De fin à faim d’histoire 9

L’impératif juridique et éthique du parlement





C'est bien connu, la politique a ses propres règles qui, de fait sinon de droit, font loi, du moins la loi du plus fort ; quitte à se révéler être celle du plus fou. Car les maléfices des délices du pouvoir ne sont plus à démontrer ; et ils sont autant de sortilèges corrompant nolens volens les plus intègres qui cèdent à leur corps défendant, sinon volontiers, à cette folie des grandeurs à laquelle résistent rarement les gouvernants.

Pour cela la veille axiologique est constamment de rigueur chez les plus justes, afin que leur pratique de la politique n'aille pas à une telle extrémité en se préoccupant d'être la plus crédible, juste et éthique réellement, s'adonnant à ce que je nomme poléthique : un impératif catégorique éthique et juridique. Sans nul doute, c'est ce qui s’impose au nouveau parlement tant décrié par ses opposants et qui, factuellement, ne représente qu'une forte minorité populaire. 

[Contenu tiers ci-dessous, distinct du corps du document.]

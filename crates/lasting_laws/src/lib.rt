//! What holds in every run of a lasting table.
#![tactic(auto)]

mod laws;

pub use laws::{
    call_laws, count_laws, hold_laws, ordered_laws, peek_laws, pool_laws, rest_laws, shown_facts,
    step_laws, turn_laws, update_laws, word_laws,
};
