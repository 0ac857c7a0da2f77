//! What holds in every run of a lasting table, and what of the core it rests on.

ghost use Rattle.lasting_laws.specs.Facts.{EndedAreApplied, FixedDepthNeverFreezes, NumbersHaveOneReply};
ghost use Rattle.lasting_laws.specs.Fits.{PeeksAreOnTable, RowsAreOfBuckets, StepsAreOnTable};
ghost use Rattle.lasting_laws.specs.OneByOne.{LooksAreInTurn};
ghost use Rattle.lasting_laws.specs.Orders.{
  AnswersStay,
  AskingsAreCounted,
  CopiesAreOfRests,
  CountsTellRests,
  InFlightIsAnswered,
  RestsAreAlike,
  UpdatesHaveOneOrder,
};
ghost use Rattle.lasting_laws.specs.Promises.{UpdatesAreOrdered};
ghost use Rattle.lasting_model.specs.Laws.{
  AllCountsAreSmall,
  BucketsAreApart,
  HeldRowsAreKept,
  LooksAreOfMoments,
  NoneIsRefused,
  PeeksAreOfMoments,
  SeatsGoOn,
  StepsAreBounded,
};

/// An update that was answered is in the row in use of each open bucket of its key; and each row that has its number
/// has its reply. Where a table begins as deep as it may be no row in use is frozen.
pub fn shown_facts()
    ensures applied { EndedAreApplied }
    ensures one_reply { NumbersHaveOneReply }
    ensures never_frozen { FixedDepthNeverFreezes }
{}

/// In every run of a lasting table no update is refused, since a sweep always finds rows enough; and no two buckets
/// have one row.
pub fn pool_laws()
    ensures none_refused { NoneIsRefused }
    ensures apart { BucketsAreApart }
{}

/// In every run of a lasting table each call of a seat is answered within its bound of steps. No seat comes to where
/// there is no further step.
pub fn step_laws()
    ensures bounded { StepsAreBounded }
    ensures go_on { SeatsGoOn }
{}

/// In every run of a lasting table each lookup of a seat, and each copy of a bucket that it makes, tells what the
/// bucket had at one moment of the call. A reader is told that, or that it may be tried again.
pub fn peek_laws()
    ensures of_moments { PeeksAreOfMoments }
    ensures of_seats { LooksAreOfMoments }
{}

/// In every run of a lasting table a row that a seat reads under its hold is free for no seat, so nobody writes it
/// meanwhile.
pub fn hold_laws()
    ensures kept { HeldRowsAreKept }
{}

/// In every run of a lasting table all updates have one order. Each that was answered stands in it once, with the reply
/// of the plain map, after all that had ended before its call began. Each lookup, and each copy of a bucket, tells what
/// the plain map has at one moment of its call.
pub fn ordered_laws()
    ensures ordered { UpdatesAreOrdered }
{}

/// In every run of a lasting table each row was published at most once in each update that its seat has answered, and a
/// seat has asked at most once in each event. So a bucket word has no more than 55 bits.
pub fn count_laws()
    ensures small { AllCountsAreSmall }
{}

/// In every run of a lasting table each step of a seat is on a word of the table, and each step of a reader loads
/// one. A row whose generation is the same after all its words were loaded is one of its bucket.
pub fn word_laws()
    ensures on_table { StepsAreOnTable }
    ensures peeks_on_table { PeeksAreOnTable }
    ensures rows { RowsAreOfBuckets }
{}

/// In every run of a lasting table each bucket stays as it is from a moment at which all seats are idle to another one,
/// if no update was answered between. So it is if no seat has counted one. A copy that a seat makes between tells what
/// its bucket had at first.
pub fn rest_laws()
    ensures by_counts { CountsTellRests }
    ensures alike { RestsAreAlike }
    ensures copied { CopiesAreOfRests }
{}

/// In every run of a lasting table answers stay. A seat asks at most once in a call, and has counted its answered
/// updates. The first answer that it gets after it had an update under way is to that one.
pub fn call_laws()
    ensures answers_stay { AnswersStay }
    ensures counted { AskingsAreCounted }
    ensures answered_first { InFlightIsAnswered }
{}

/// In every run of a lasting table the updates that were made by any moment have one order, with the plain map's
/// replies. Those of a seat are the ones that it was answered, in order, and at most the one that it has under way.
/// Each bucket has what the plain map holds after all of them.
pub fn update_laws()
    ensures one_order { UpdatesHaveOneOrder }
{}

/// In every run of a lasting table the calls of a seat come one after the other. At each moment of a lookup or a copy
/// its earlier updates are answered, and its later ones have not begun.
pub fn turn_laws()
    ensures in_turn { LooksAreInTurn }
{}
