// Calls that grow and trim a bitmap.
#![tactic(auto, using(storage::proofs::Checks::passed, std::proofs::lemmas::Grind::moves))]

ghost use Rattle.std.specs.Prelude.{◌≡◌, ◌≤◌, ◌<◌, length};
ghost use Rattle.storage.specs.Stores.{Changes};
ghost use Rattle.bitmaps.specs.Bitmaps.{trimming, setting, unsetting, setting_many, setting_region};
ghost use Rattle.bitmaps.specs.Bitmaps.{setting_field, keeping_bit, dropping_bit, flipping_bit, reach_of};
ghost use Rattle.bitmap.specs.Kernels.{SetsListed, tidy_count, masking};

use storage::{Bitmap, Refusal, Refused};
use word::Word;

// Drops trailing zero words.
pub fn trim(words: &[u64], b: Bitmap) -> Result<Bitmap, Refused>
    ensures { Changes trimming words.now b result words.now }
{
    let n = b.count;
    storage::check(words, b)?;
    Ok(Bitmap {
        count: arch::nonzero_len(&words[..n]),
        ..b
    })
}

// Sets bit i; grows to its word.
pub fn set(words: &mut [u64], b: Bitmap, i: usize) -> Result<Bitmap, Refused>
    ensures { Changes (setting i) words.old b result words.new }
{
    storage::check(words, b)?;
    let k = i / 64;
    let grown = storage::grow(words, b, k + 1)?;
    words[k] |= Word::bit(i);
    Ok(grown)
}

// Clears bit i; never grows. Not by `keep_places`: the word count stays.
pub fn unset(words: &mut [u64], b: Bitmap, i: usize) -> Result<Bitmap, Refused>
    ensures { Changes (unsetting i) words.old b result words.new }
{
    let n = b.count;
    storage::check(words, b)?;
    let k = i / 64;
    if k >= n {
        return Ok(b);
    }
    words[k] &= !Word::bit(i);
    Ok(b)
}

// The words up to those of all listed bits.
fn reach(bits: &[usize]) -> usize
    ensures { result ≡ reach_of bits.now }
{
    bits.iter().fold(0, |most: usize, i| most.max(*i / 64 + 1))
}

// Sets the listed bits, all within the words.
fn set_listed(words: &mut [u64], bits: &[usize])
    requires { reach_of bits.now ≤ length words.old }
    ensures { SetsListed words.old bits.now words.new }
{
    for i in bits {
        words[*i / 64] |= Word::bit(*i);
    }
}

// Sets every listed bit; grows once, and writes nothing where one has no space.
pub fn set_many(words: &mut [u64], b: Bitmap, bits: &[usize]) -> Result<Bitmap, Refused>
    ensures { Changes (setting_many bits.now) words.old b result words.new }
{
    storage::check(words, b)?;
    let grown = storage::grow(words, b, reach(bits))?;
    set_listed(words, bits);
    Ok(grown)
}

// The k bits from i on become `value`: true grows to the last one's word, false clears what is there. k 0 does nothing. 4 where the last index passes
// 2^64 - 1, whatever the value; then 6.
pub fn set_region(
    words: &mut [u64],
    b: Bitmap,
    i: usize,
    value: bool,
    k: usize,
) -> Result<Bitmap, Refused>
    ensures { Changes (setting_region i value k) words.old b result words.new }
{
    let n = b.count;
    storage::check(words, b)?;
    if k == 0 {
        return Ok(b);
    }
    let Some(last) = i.checked_add(k - 1) else {
        return Err(Refused(Refusal::IndexOver, b));
    };
    if !value {
        arch::fill_region(&mut words[..n], i, last.min(64 * n) + 1, false);
        return Ok(b);
    }
    let grown = storage::grow(words, b, last / 64 + 1)?;
    arch::fill_region(words, i, last + 1, true);
    Ok(grown)
}

// The bits from i on, below i + width, become the low bits of value: zeros clear what is there, another value grows to the last one's word. Width 0 does
// nothing, whatever i. 3 over 64 bits; 4 where the last index passes 2^64 - 1, whatever the value; then 6.
pub fn set_field(
    words: &mut [u64],
    b: Bitmap,
    i: usize,
    value: u64,
    width: usize,
) -> Result<Bitmap, Refused>
    ensures { Changes (setting_field i value width) words.old b result words.new }
{
    storage::check(words, b)?;
    if width > 64 {
        return Err(Refused(Refusal::WidthOver, b));
    }
    // Width 0 has no bits, so it is here too.
    if value & Word::low_mask(width) == 0 {
        return set_region(words, b, i, false, width);
    }
    let Some(last) = i.checked_add(width - 1) else {
        return Err(Refused(Refusal::IndexOver, b));
    };
    let grown = storage::grow(words, b, last / 64 + 1)?;
    slice::set_field_strict(words, grown, i, value, width)
}

// The count when word k was worked on: trailing zero words go where it is the last and is zero.
fn tidy(words: &[u64], n: usize, k: usize) -> usize
    requires { (k < n) × (n ≤ length words.now) }
    ensures { result ≡ tidy_count words.now n k }
{
    if k + 1 < n {
        return n;
    }
    if words[k] != 0 {
        return n;
    }
    arch::nonzero_len(&words[..n])
}

// Of word i / 64 the places of the mask stay; never grows. Trailing zero words go where that word is the last and is then zero.
fn keep_places(words: &mut [u64], b: Bitmap, i: usize, mask: u64) -> Result<Bitmap, Refused>
    ensures { Changes (masking i mask) words.old b result words.new }
{
    let n = b.count;
    storage::check(words, b)?;
    let k = i / 64;
    if k >= n {
        return Ok(b);
    }
    words[k] &= mask;
    Ok(Bitmap {
        count: tidy(words, n, k),
        ..b
    })
}

// Of word i / 64 only bit i stays; never grows. Trailing zero words go where that word is the last and is then zero.
pub fn andi(words: &mut [u64], b: Bitmap, i: usize) -> Result<Bitmap, Refused>
    ensures { Changes (keeping_bit i) words.old b result words.new }
{
    keep_places(words, b, i, Word::bit(i))
}

// Clears bit i; never grows. Trailing zero words go where its word is the last and is then zero.
pub fn andnoti(words: &mut [u64], b: Bitmap, i: usize) -> Result<Bitmap, Refused>
    ensures { Changes (dropping_bit i) words.old b result words.new }
{
    keep_places(words, b, i, !Word::bit(i))
}

// Flips bit i; grows to its word. Trailing zero words go where that word is the last and is then zero: after `set` it never is, and one function of both
// would look all the same.
pub fn xori(words: &mut [u64], b: Bitmap, i: usize) -> Result<Bitmap, Refused>
    ensures { Changes (flipping_bit i) words.old b result words.new }
{
    storage::check(words, b)?;
    let k = i / 64;
    let grown = storage::grow(words, b, k + 1)?;
    words[k] ^= Word::bit(i);
    Ok(Bitmap {
        count: tidy(words, grown.count, k),
        ..grown
    })
}
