// The bytes of a list text.
ghost use Rattle.std.specs.Prelude.{◌≡◌};
ghost use Rattle.text.specs.Lists.{digit, blank, plain};

pub(crate) fn is_digit(c: u8) -> bool
    ensures { result ≡ digit c }
{
    c.is_ascii_digit()
}

pub(crate) fn is_blank(c: u8) -> bool
    ensures { result ≡ blank c }
{
    matches!(c, 32 | 9..=13)
}

// Whether every byte is below 128.
pub(crate) fn is_plain(text: &[u8]) -> bool
    ensures { result ≡ plain text.now }
{
    text.is_ascii()
}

Appliquer la nouvelle Constitution 

Élue en vertu d’une nouvelle Constitution, l’assemblée nouvellement installée au palais du Bardo se doit déjà de se conformer à ce texte le plus élevé des normes juridiques du pays. Tout comme le précédent resté cependant lettre morte avant d'être annulé, il consacre la souveraineté populaire ; or, elle n’est rien d’autre que les droits et les libertés du peuple, devant être concrets et concrètement vécus. Ce qui impose d'office de défaire la législation encore appliquée et dont l’essentiel des textes, notamment ceux du Code pénal, est un héritage du protectorat, vicié encore plus par les abus du régime de la dictature. D'autant mieux que ce sont de tels textes scélérats qui ont assuré des années durant le maintien au pouvoir du régime du dictateur avec lequel on s'enorgueillit de rompre. Peut-on continuer donc à les garder en vigueur, comme l’ont fait les supposés révolutionnaires à la suite de la supposée déchéance de la dictature, néanmoins toujours en place grâce à sa législation martyrisant au quotidien le peuple ? N’est-ce pas, du nouveau parlement, le premier devoir devant être satisfait incontinent ?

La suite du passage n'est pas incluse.